If participants were to auction and find acceptance into areas of prior low volume (LVNodes), then future discovery ought to be volatile and quick as participants look to HVNodes for favorable entry or exit.

POCs: POCs are valuable as they denote areas where two-sided trade was most prevalent in a prior day session. Participants will respond to future tests of value as they offer favorable entry and exit.

MCPOCs: POCs are valuable as they denote areas where two-sided trade was most prevalent over numerous day sessions. Participants will respond to future tests of value as they offer favorable entry and exit.
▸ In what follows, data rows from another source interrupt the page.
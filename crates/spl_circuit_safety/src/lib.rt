//! The agreement of circuits: whatever happens, the members of each circuit agree. Each law is a
//! function without a body.
#![tactic(auto)]

ghost use Rattle.std.specs.Prelude.{◌≡◌, ◌++◌, true, List};
ghost use Rattle.spl_circuit.specs.{Nodes.{NodeId, CircuitId}, declared.definition.Definition.Definition};
ghost use Rattle.spl_cell_rules.specs.Changes.{stopped_cell};
ghost use Rattle.spl_circuit_world.specs.{Worlds.{IsOrigin, Origin, Occurrence, occur, world_after}, Projection.{AllPlain, Ran, lines_fit}};
ghost use Rattle.spl_circuit_safety.specs.Agreement.{AtEach, IsPast, EndsForGood, FirstIsProposal, IsAgreed, Agree, TellOneList, ShowsPrefixes, HasLeft};
ghost use Rattle.spl_circuit_safety.specs.Agreement.{AllHappenedAt, AgreeOn, ShowsOn, restarts};

/// A cell that is bound to a definition stays bound to it, or is purged, or is bound to a later
/// generation; and the first act that it commits is the proposal of that definition.
pub fn bindings_are_final()
    ensures past { (ns : List NodeId) (es fs : List Occurrence) (d : Definition) →
        AllPlain es → AllPlain fs →
        AtEach (world_after ns es) d (λ n h. IsPast d ((occur (world_after ns es) fs).at n)) }
    ensures first { (ns : List NodeId) (es : List Occurrence) (d : Definition) → AllPlain es → AtEach (world_after ns es) d (λ n h. FirstIsProposal d h.acts) }
{}

/// A circuit that was rejected, removed or disbanded at a node stays so there as long as the node is
/// bound in its generation, and is never active there again.
pub fn endings_are_final()
    ensures { (ns : List NodeId) (es fs : List Occurrence) (d : Definition) →
        AllPlain es → AllPlain fs →
        AtEach (world_after ns es) d (λ n h. EndsForGood h ((occur (world_after ns es) fs).at n)) }
{}

/// Whatever happens in the world of a circuit, its members agree; so they do at each moment of any
/// lines within their bounds.
pub fn circuits_agree()
    ensures after { (ns : List NodeId) (es : List Occurrence) (d : Definition) → AllPlain es → IsAgreed ns es d }
    ensures lines { (ns : List NodeId) (rs : List Ran) → lines_fit rs ≡ true → Agree ns rs }
{}

/// A circuit has one list of acts and one of batches after any lines, those on which its members
/// agree; and whatever `root`, `get`, `list`, `history`, `receipt`, `status`, `show` and `detail`
/// answer on one of the lines, at a node that is bound to the circuit's definition, is what prefixes
/// of these lists make it.
pub fn answers_show_prefixes()
    ensures { (ns : List NodeId) (rs : List Ran) → lines_fit rs ≡ true → ShowsPrefixes ns rs }
{}

/// What nodes that are bound to one definition report about a circuit, in whatever lines, is of one
/// list: roots of as many batches are one root, and of two histories one begins the other.
pub fn members_tell_one_list()
    ensures { (ns : List NodeId) (rs : List Ran) → lines_fit rs ≡ true → TellOneList ns rs }
{}

/// A run that begins with the cells that another has left, each node having stopped and started,
/// goes on from there: at each moment of each circuit's world it has the cells of the one run that
/// both are, in which the circuits agree. Of the messages that were sent before, none is asked for. What is shown of a circuit is
/// of prefixes of the lists that it has in that one run.
pub fn resumed_circuits_agree()
    ensures left { (o : Origin) (c : CircuitId) (es : List Occurrence) →
        AllHappenedAt o.nodes es → ((n : NodeId) → o.kept c n ≡ stopped_cell ((world_after o.nodes es).at n)) →
        HasLeft (es ++ restarts o.nodes) o c }
    ensures on { (o : Origin) (left : CircuitId → List Occurrence) (rs : List Ran) →
        lines_fit rs ≡ true → ((c : CircuitId) → AllPlain (left c)) → ((c : CircuitId) → HasLeft (left c) o c) →
        AgreeOn o left rs }
    ensures shown { (o : Origin) (left : CircuitId → List Occurrence) (rs : List Ran) →
        IsOrigin o → lines_fit rs ≡ true → ((c : CircuitId) → AllPlain (left c)) → ((c : CircuitId) → HasLeft (left c) o c) →
        ShowsOn o left rs }
{}
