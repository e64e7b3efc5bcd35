//! The byte forms of messages and records, as laws of the definitions.
ghost use Rattle.std.specs.{Prelude.{◌≡◌, ◌∷◌, [], List, ℕ, IsTrue, true}, List.list_all};
ghost use Rattle.spl_base.specs.Prefix.{NoneBeginsAnother};
ghost use Rattle.spl_wire.specs.{Forms.{message_form, record_form}, Grouping.{record_of, grouped, together, is_sized, is_small, is_lawful}};
ghost use Rattle.spl_wire.specs.declared.change.Change.{Change};

/// No spelling of a message begins another.
pub fn no_message_begins_another()
    ensures { NoneBeginsAnother message_form }
{}

/// No spelling of a record begins another.
pub fn no_record_begins_another()
    ensures { NoneBeginsAnother record_form }
{}

/// Changes in groups are the same changes in the same order. Each group has a change, and its
/// record at most `MOST_CHANGES` changes and `LONGEST_RECORD` bytes, where each change by itself makes
/// a record of at most so many bytes; and it does where it has a byte form and its batch breaks no rule.
pub fn groups_have_all_changes()
    ensures whole { (c : List ℕ) (xs : List Change) → together (grouped c xs) ≡ xs }
    ensures sized { (c : List ℕ) (xs : List Change) → list_all (is_small c) xs ≡ true → list_all (is_sized c) (grouped c xs) ≡ true }
    ensures small { (c : List ℕ) (x : Change) → IsTrue (record_form.fits (record_of c (x ∷ []))) → is_lawful x ≡ true → is_small c x ≡ true }
{}
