//! Records of a journal.
ghost use Rattle.std.specs.Prelude.{◌≡◌};

use crate::change::Change;
use spl_base::{
    CircuitId, Field, Listing, Malformed, Piece, Reader, Writer, put_list, read_prefix, spelled,
    take_list,
};
use std::alloc::{AllocError, Global};

/// How many changes a record has at most.
pub const MOST_CHANGES: u16 = 64;

/// Changes in their order.
pub type ChangeList = Listing<Change>;

/// The changes of one event at the cell of a circuit.
#[derive(Drop)]
pub struct Record {
    pub circuit: CircuitId,
    pub changes: ChangeList,
}

impl Field for Record {
    ghost use Rattle.spl_wire.specs.Forms.{record_form, exact_record};

    ghost form = { record_form };

    fn put_parts(&self, w: &mut Writer) -> Result<(), AllocError> {
        self.circuit.put_parts(w)?;
        put_list(self.changes.as_slice(), w)
    }

    fn take_parts(alloc: Global, r: &mut Reader) -> Result<Record, Malformed> {
        let circuit = CircuitId::take_parts(alloc, r)?;
        let changes = take_list(alloc, r, MOST_CHANGES)?;
        Ok(Record { circuit, changes })
    }

    ghost exact = { exact_record };
}

impl Record {
    ghost use Rattle.std.specs.Prelude.{◌≡◌, ◌++◌, IsTrue, IfOk, OnOk, drop};
    ghost use Rattle.spl_base.specs.Prefix.{prefix_of, Answers, ReadsBack};
    ghost use Rattle.spl_wire.specs.Forms.{record_form};

    /// The byte form, which a record of at most `MOST_CHANGES` changes has where each definition in it has at
    /// most 16 members and at most 16 services, and each batch in it has lists of at most 1,024
    /// items and byte strings of at most 8,192 bytes. Fails only where memory runs out.
    pub fn write(&self, alloc: Global) -> Result<Piece, AllocError>
        requires few { IsTrue (record_form.bounded self.now) }
        ensures spelled { IfOk result (λ p. p ≡ record_form.spell self.now) }
        ensures fits { OnOk result (IsTrue (record_form.fits self.now)) }
    {
        spelled(alloc, self)
    }

    /// The record at the beginning, and how many bytes it takes. The fault is the place of the first
    /// field that cannot be read, or that memory ran out.
    pub fn read(alloc: Global, bytes: &[u8]) -> Result<(Record, usize), Malformed>
        ensures exact { Answers result (prefix_of record_form bytes.now) }
        ensures found { IfOk result (λ x. (bytes.now ≡ record_form.spell x.0 ++ drop x.1 bytes.now) × IsTrue (record_form.fits x.0)) }
        ensures bounded { IfOk result (λ x. IsTrue (record_form.bounded x.0)) }
        ensures only { ReadsBack record_form bytes.now result }
    {
        read_prefix(alloc, bytes)
    }
}
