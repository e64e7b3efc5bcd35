//! Records of changes that build a cell.
ghost use Rattle.std.specs.{Prelude.{◌≡◌, ◌+◌, ◌≤◌, ◌<◌, IsTrue, IfOk, OnOk, length, [], false}, List.list_all};
ghost use Rattle.spl_wire.specs.{Changes.change_form, Grouping.{grouped, grouped_records, spelled}, Packing.{sealed, sealed_size, is_full, closed, placed}};
ghost use Rattle.spl_wire.specs.Packing.{packing_counted, taken, finished};

use crate::change::Change;
use crate::record::MOST_CHANGES;
use spl_base::{CircuitId, Field, LONGEST_RECORD, Piece, Writer};
use std::alloc::{AllocError, Global};
use std::marker::Model;

/// The bytes that memory is taken for before a cell is packed: most cells have fewer.
const ROOM: usize = 512;

/// The byte forms of the records of a packed cell, in order.
pub type PackedRecords = Vec<Piece>;

/// How many bytes the record has whose changes have these.
#[tactic(auto, using(crate::proofs::Sizes::id_length))]
fn sealed_size(circuit: CircuitId, changes: &[u8]) -> usize
    ensures { result ≡ sealed_size circuit changes.now }
{
    circuit.bytes().len() + 2 + changes.len()
}

/// The byte form of the record of so many changes, which have these bytes. The only error is that memory ran out.
fn sealed(
    alloc: Global,
    circuit: CircuitId,
    count: u16,
    changes: &[u8],
) -> Result<Piece, AllocError>
    ensures { IfOk result (λ p. p ≡ sealed circuit count changes.now) }
{
    let mut w = Writer::with_room(alloc, sealed_size(circuit, changes))?;
    circuit.put_parts(&mut w)?;
    count.put_parts(&mut w)?;
    w.put_raw(changes)?;
    Ok(w.into_piece())
}

/// Whether a record of so many changes has no place for one more, whose bytes stand after theirs already.
fn is_full(circuit: CircuitId, count: u16, changes: &[u8]) -> bool
    ensures { result ≡ is_full circuit count changes.now }
{
    count > 0 && !(count < MOST_CHANGES && sealed_size(circuit, changes) <= LONGEST_RECORD)
}

/// Byte forms of records so far, and of the record that is begun how many changes it has, and their bytes. Each change
/// is spelled once, right after those before it.
#[derive(Drop)]
struct Packing {
    circuit: CircuitId,
    records: PackedRecords,
    count: u16,
    written: Writer,
}

impl Model for Packing {
    ghost use Rattle.spl_wire.specs.Packing.{PackingView};

    ghost Value = { PackingView };

    ghost view = { λ p. record { circuit = p.circuit; records = p.records.items; count = p.count; written = p.written } };
}

impl Packing {
    /// No record, and none begun.
    fn new(alloc: Global, circuit: CircuitId) -> Result<Packing, AllocError>
        ensures { IfOk result (λ p. p ≡ record { circuit = circuit; records = []; count = 0; written = [] }) }
    {
        Ok(Packing {
            circuit,
            records: Vec::new(alloc),
            count: 0,
            written: Writer::with_room(alloc, ROOM)?,
        })
    }

    /// The record of the first bytes is the last one, and those after them begin one.
    fn close(&mut self, alloc: Global, start: usize) -> Result<(), AllocError>
        requires { start ≤ length self.old.written }
        ensures { OnOk result (self.new ≡ closed start self.old) }
    {
        let bytes = self.written.bytes();
        let rest = Piece::from(alloc, &bytes[start..])?;
        let record = sealed(alloc, self.circuit, self.count, &bytes[..start])?;
        self.records.push(record)?;
        self.count = 0;
        self.written.clear();
        self.written.put_raw(rest.bytes())
    }

    /// The bytes of a change that stand in the record that is begun, from `start` on, begin a record where they have
    /// no place in that one.
    fn place(&mut self, alloc: Global, start: usize) -> Result<(), AllocError>
        requires { start ≤ length self.old.written }
        ensures placed { OnOk result (self.new ≡ placed start self.old) }
        ensures few { OnOk result (self.new.count < MOST_CHANGES) }
    {
        if is_full(self.circuit, self.count, self.written.bytes()) {
            self.close(alloc, start)?;
        }
        Ok(())
    }

    /// One change more.
    fn take(&mut self, alloc: Global, change: &Change) -> Result<(), AllocError>
        requires { IsTrue (change_form.bounded change.now) }
        ensures ok { OnOk result (self.new ≡ taken self.old (change_form.spell change.now)) }
        ensures fits { OnOk result (IsTrue (change_form.fits change.now)) }
    {
        let start = self.written.bytes().len();
        change.put_parts(&mut self.written)?;
        self.place(alloc, start)?;
        self.count += 1;
        Ok(())
    }

    /// The record that is begun, if there is one, is the last one.
    fn end(&mut self, alloc: Global) -> Result<(), AllocError>
        ensures { OnOk result (self.new.records ≡ finished self.old) }
    {
        if self.count > 0 {
            let last = sealed(alloc, self.circuit, self.count, self.written.bytes())?;
            self.records.push(last)?;
        }
        Ok(())
    }

    /// The records, with the one that is begun.
    fn finish(self, alloc: Global) -> Result<PackedRecords, AllocError>
        ensures { IfOk result (λ rs. rs.items ≡ finished self) }
    {
        let mut packing = self;
        packing.end(alloc)?;
        Ok(packing.records)
    }
}

/// The byte forms of the records of changes of a circuit, in order. A new record begins where the next change would
/// make it too long. The only error is that memory ran out.
#[tactic(auto, using(crate::proofs::Packs::packed_none))]
pub fn packed_records(
    alloc: Global,
    circuit: CircuitId,
    changes: Vec<Change>,
) -> Result<PackedRecords, AllocError>
    requires { IsTrue (list_all change_form.bounded changes.items) }
    ensures ok { IfOk result (λ rs. rs.items ≡ spelled (grouped_records circuit (grouped circuit changes.items))) }
    ensures fits { OnOk result (IsTrue (list_all change_form.fits changes.items)) }
{
    let mut packing = Packing::new(alloc, circuit)?;
    for change in &changes {
        packing.take(alloc, change)?;
    }
    packing.finish(alloc)
}
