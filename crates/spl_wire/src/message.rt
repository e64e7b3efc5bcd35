//! Messages between nodes.

use crate::body::{put_body, take_body};
use spl_agree::CommitMsg;
use spl_base::{
    CircuitId, Field, Malformed, Piece, Reader, ServiceId, Writer, read_prefix, spelled,
};
use spl_circuit::Act;
use spl_command::Batch;
use std::alloc::{AllocError, Global};

/// How many bytes the byte form of a message has at most that is sent.
pub const LONGEST_MESSAGE: usize = 65_536;

/// A message from one node to another.
#[derive(Drop)]
pub enum Message {
    /// A message of the admin group of a circuit.
    Admin {
        circuit: CircuitId,
        body: CommitMsg<Act>,
    },
    /// A message of the service group of a circuit, from one service to another.
    Scabbard {
        circuit: CircuitId,
        from: ServiceId,
        to: ServiceId,
        body: CommitMsg<Batch>,
    },
}

impl Field for Message {
    ghost use Rattle.spl_wire.specs.Forms.{message_form, exact_message};

    ghost form = { message_form };

    fn put_parts(&self, w: &mut Writer) -> Result<(), AllocError> {
        match self {
            Message::Admin { circuit, body } => {
                1u8.put_parts(w)?;
                circuit.put_parts(w)?;
                put_body(body, w)
            }
            Message::Scabbard {
                circuit,
                from,
                to,
                body,
            } => {
                2u8.put_parts(w)?;
                circuit.put_parts(w)?;
                from.put_parts(w)?;
                to.put_parts(w)?;
                put_body(body, w)
            }
        }
    }

    fn take_parts(alloc: Global, r: &mut Reader) -> Result<Message, Malformed> {
        let at = r.place();
        match u8::take_parts(alloc, r)? {
            1 => {
                let circuit = CircuitId::take_parts(alloc, r)?;
                let body = take_body(alloc, r)?;
                Ok(Message::Admin { circuit, body })
            }
            2 => {
                let circuit = CircuitId::take_parts(alloc, r)?;
                let from = ServiceId::take_parts(alloc, r)?;
                let to = ServiceId::take_parts(alloc, r)?;
                let body = take_body(alloc, r)?;
                Ok(Message::Scabbard {
                    circuit,
                    from,
                    to,
                    body,
                })
            }
            _ => Err(Malformed::At { at }),
        }
    }

    ghost exact = { exact_message };
}

impl Message {
    ghost use Rattle.std.specs.Prelude.{◌≡◌, ◌++◌, IsTrue, IfOk, OnOk, drop};
    ghost use Rattle.spl_base.specs.Prefix.{prefix_of, Answers, ReadsBack};
    ghost use Rattle.spl_wire.specs.Forms.{message_form};

    /// The byte form, which a message has where a definition in it has at most 16 members and at
    /// most 16 services, and a batch in it has lists of at most 1,024 items and byte strings of at
    /// most 8,192 bytes. Fails only where memory runs out.
    pub fn write(&self, alloc: Global) -> Result<Piece, AllocError>
        requires few { IsTrue (message_form.bounded self.now) }
        ensures spelled { IfOk result (λ p. p ≡ message_form.spell self.now) }
        ensures fits { OnOk result (IsTrue (message_form.fits self.now)) }
    {
        spelled(alloc, self)
    }

    /// The message at the beginning, and how many bytes it takes. The fault is the place of the first
    /// field that cannot be read, or that memory ran out.
    pub fn read(alloc: Global, bytes: &[u8]) -> Result<(Message, usize), Malformed>
        ensures exact { Answers result (prefix_of message_form bytes.now) }
        ensures found { IfOk result (λ x. (bytes.now ≡ message_form.spell x.0 ++ drop x.1 bytes.now) × IsTrue (message_form.fits x.0)) }
        ensures bounded { IfOk result (λ x. IsTrue (message_form.bounded x.0)) }
        ensures only { ReadsBack message_form bytes.now result }
    {
        read_prefix(alloc, bytes)
    }
}
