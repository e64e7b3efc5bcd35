//! The bodies of messages, and the reasons in them.
ghost use Rattle.std.specs.Prelude.{◌≡◌, ◌++◌, IsTrue, OnOk};
ghost use Rattle.spl_base.specs.Form.{Reads, ◌&◌};
ghost use Rattle.spl_wire.specs.Bodies as form;

use spl_agree::{CommitMsg, Generation, Place, Reason, Round};
use spl_base::{Field, Malformed, Reader, Writer};
use std::alloc::{AllocError, Global};

pub(crate) fn put_reason(why: Reason, w: &mut Writer) -> Result<(), AllocError>
    ensures ok { OnOk result (w.new ≡ w.old ++ form.reason_form.spell why) }
    ensures fits { OnOk result (IsTrue (form.reason_form.fits why)) }
{
    why.code.put_parts(w)?;
    why.at.put_parts(w)
}

pub(crate) fn take_reason(alloc: Global, r: &mut Reader) -> Result<Reason, Malformed>
    ensures { Reads (λ x. x) result r.new (form.reason_form.parse r.old) }
{
    let code = u8::take_parts(alloc, r)?;
    let at = u8::take_parts(alloc, r)?;
    Ok(Reason { code, at })
}

/// Appends two values, one after the other.
pub(crate) fn put_two<A: Field, B: Field>(a: &A, b: &B, w: &mut Writer) -> Result<(), AllocError>
    requires first { IsTrue (A.form.bounded a.now) }
    requires second { IsTrue (B.form.bounded b.now) }
    ensures ok { OnOk result (w.new ≡ w.old ++ (A.form & B.form).spell (a.now, b.now)) }
    ensures fits { OnOk result (IsTrue ((A.form & B.form).fits (a.now, b.now))) }
{
    a.put_parts(w)?;
    b.put_parts(w)
}

/// Reads two values, one after the other.
pub(crate) fn take_two<A: Field, B: Field>(
    alloc: Global,
    r: &mut Reader,
) -> Result<(A, B), Malformed>
    ensures { Reads (λ x. x) result r.new ((A.form & B.form).parse r.old) }
{
    let first = A::take_parts(alloc, r)?;
    let second = B::take_parts(alloc, r)?;
    Ok((first, second))
}

/// Appends the byte form of a body.
pub(crate) fn put_body<V: Field>(message: &CommitMsg<V>, w: &mut Writer) -> Result<(), AllocError>
    requires { IsTrue ((form.body V.form).bounded message.now) }
    ensures ok { OnOk result (w.new ≡ w.old ++ (form.body V.form).spell message.now) }
    ensures fits { OnOk result (IsTrue ((form.body V.form).fits message.now)) }
{
    match message {
        CommitMsg::VoteRequest {
            generation,
            round,
            place,
            value,
        } => {
            1u8.put_parts(w)?;
            generation.0.put_parts(w)?;
            round.0.put_parts(w)?;
            place.0.put_parts(w)?;
            value.put_parts(w)
        }
        CommitMsg::Vote {
            generation,
            round,
            yes,
        } => {
            2u8.put_parts(w)?;
            generation.0.put_parts(w)?;
            round.0.put_parts(w)?;
            yes.put_parts(w)
        }
        CommitMsg::Decision {
            generation,
            round,
            commit,
        } => {
            3u8.put_parts(w)?;
            generation.0.put_parts(w)?;
            round.0.put_parts(w)?;
            commit.put_parts(w)
        }
        CommitMsg::DecisionRequest { generation, round } => {
            4u8.put_parts(w)?;
            generation.0.put_parts(w)?;
            round.0.put_parts(w)
        }
        CommitMsg::Forward { generation, value } => {
            5u8.put_parts(w)?;
            generation.0.put_parts(w)?;
            value.put_parts(w)
        }
        CommitMsg::Refused {
            generation,
            value,
            reason,
        } => {
            6u8.put_parts(w)?;
            generation.0.put_parts(w)?;
            value.put_parts(w)?;
            put_reason(*reason, w)
        }
    }
}

/// Reads a body from the beginning.
pub(crate) fn take_body<V: Field>(alloc: Global, r: &mut Reader) -> Result<CommitMsg<V>, Malformed>
    ensures { Reads (λ x. x) result r.new ((form.body V.form).parse r.old) }
{
    let at = r.place();
    match u8::take_parts(alloc, r)? {
        1 => {
            let generation = Generation(u32::take_parts(alloc, r)?);
            let round = Round(u64::take_parts(alloc, r)?);
            let place = Place(u32::take_parts(alloc, r)?);
            let value = V::take_parts(alloc, r)?;
            Ok(CommitMsg::VoteRequest {
                generation,
                round,
                place,
                value,
            })
        }
        2 => {
            let generation = Generation(u32::take_parts(alloc, r)?);
            let round = Round(u64::take_parts(alloc, r)?);
            let yes = bool::take_parts(alloc, r)?;
            Ok(CommitMsg::Vote {
                generation,
                round,
                yes,
            })
        }
        3 => {
            let generation = Generation(u32::take_parts(alloc, r)?);
            let round = Round(u64::take_parts(alloc, r)?);
            let commit = bool::take_parts(alloc, r)?;
            Ok(CommitMsg::Decision {
                generation,
                round,
                commit,
            })
        }
        4 => {
            let generation = Generation(u32::take_parts(alloc, r)?);
            let round = Round(u64::take_parts(alloc, r)?);
            Ok(CommitMsg::DecisionRequest { generation, round })
        }
        5 => {
            let generation = Generation(u32::take_parts(alloc, r)?);
            let value = V::take_parts(alloc, r)?;
            Ok(CommitMsg::Forward { generation, value })
        }
        6 => {
            let generation = Generation(u32::take_parts(alloc, r)?);
            let value = V::take_parts(alloc, r)?;
            let reason = take_reason(alloc, r)?;
            Ok(CommitMsg::Refused {
                generation,
                value,
                reason,
            })
        }
        _ => Err(Malformed::At { at }),
    }
}
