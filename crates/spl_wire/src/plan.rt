//! What an event gives at a cell.

use crate::answer::Answer;
use crate::message::Message;
use crate::record::ChangeList;
use spl_agree::OpenMove;
use spl_base::{Boxed, Listing, NodeId};

/// A message to a node.
#[derive(Drop)]
pub struct Outgoing {
    pub to: NodeId,
    pub message: Boxed<Message>,
}

/// Messages in the order in which they are sent.
pub type SendList = Listing<Outgoing>;

/// What an event gives at a cell: an answer, durable changes, a move of the open round of each
/// group, and messages (docs/RULES.md, Cells).
#[derive(Drop)]
pub struct Plan {
    pub answer: Answer,
    pub changes: ChangeList,
    pub admin: OpenMove,
    pub service: OpenMove,
    pub sends: SendList,
}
Volume-Weighted Average Prices (VWAPs): A metric highly regarded by chief investment officers, among other participants, for quality of trade. Additionally, liquidity algorithms are benchmarked and programmed to buy and sell around VWAPs.

About

After years of self-education, strategy development, mentorship, and trial-and-error, Renato Leonard Capelj began trading full-time and founded Physik Invest to detail his methods, research, and performance in the markets.

Capelj also develops insights around impactful options market dynamics at SpotGamma and is a Benzinga reporter.

Some of his works include conversations with ARK Invest’s Catherine Wood, investors Kevin O’Leary and John Chambers, FTX’s Sam Bankman-Fried, ex-Bridgewater Associate Andy Constan, Kai Volatility’s Cem Karsan, The Ambrus Group’s Kris Sidial, among many others.

Disclaimer

In no way should the materials herein be construed as advice. Derivatives carry a substantial risk of loss. All content is for informational purposes only.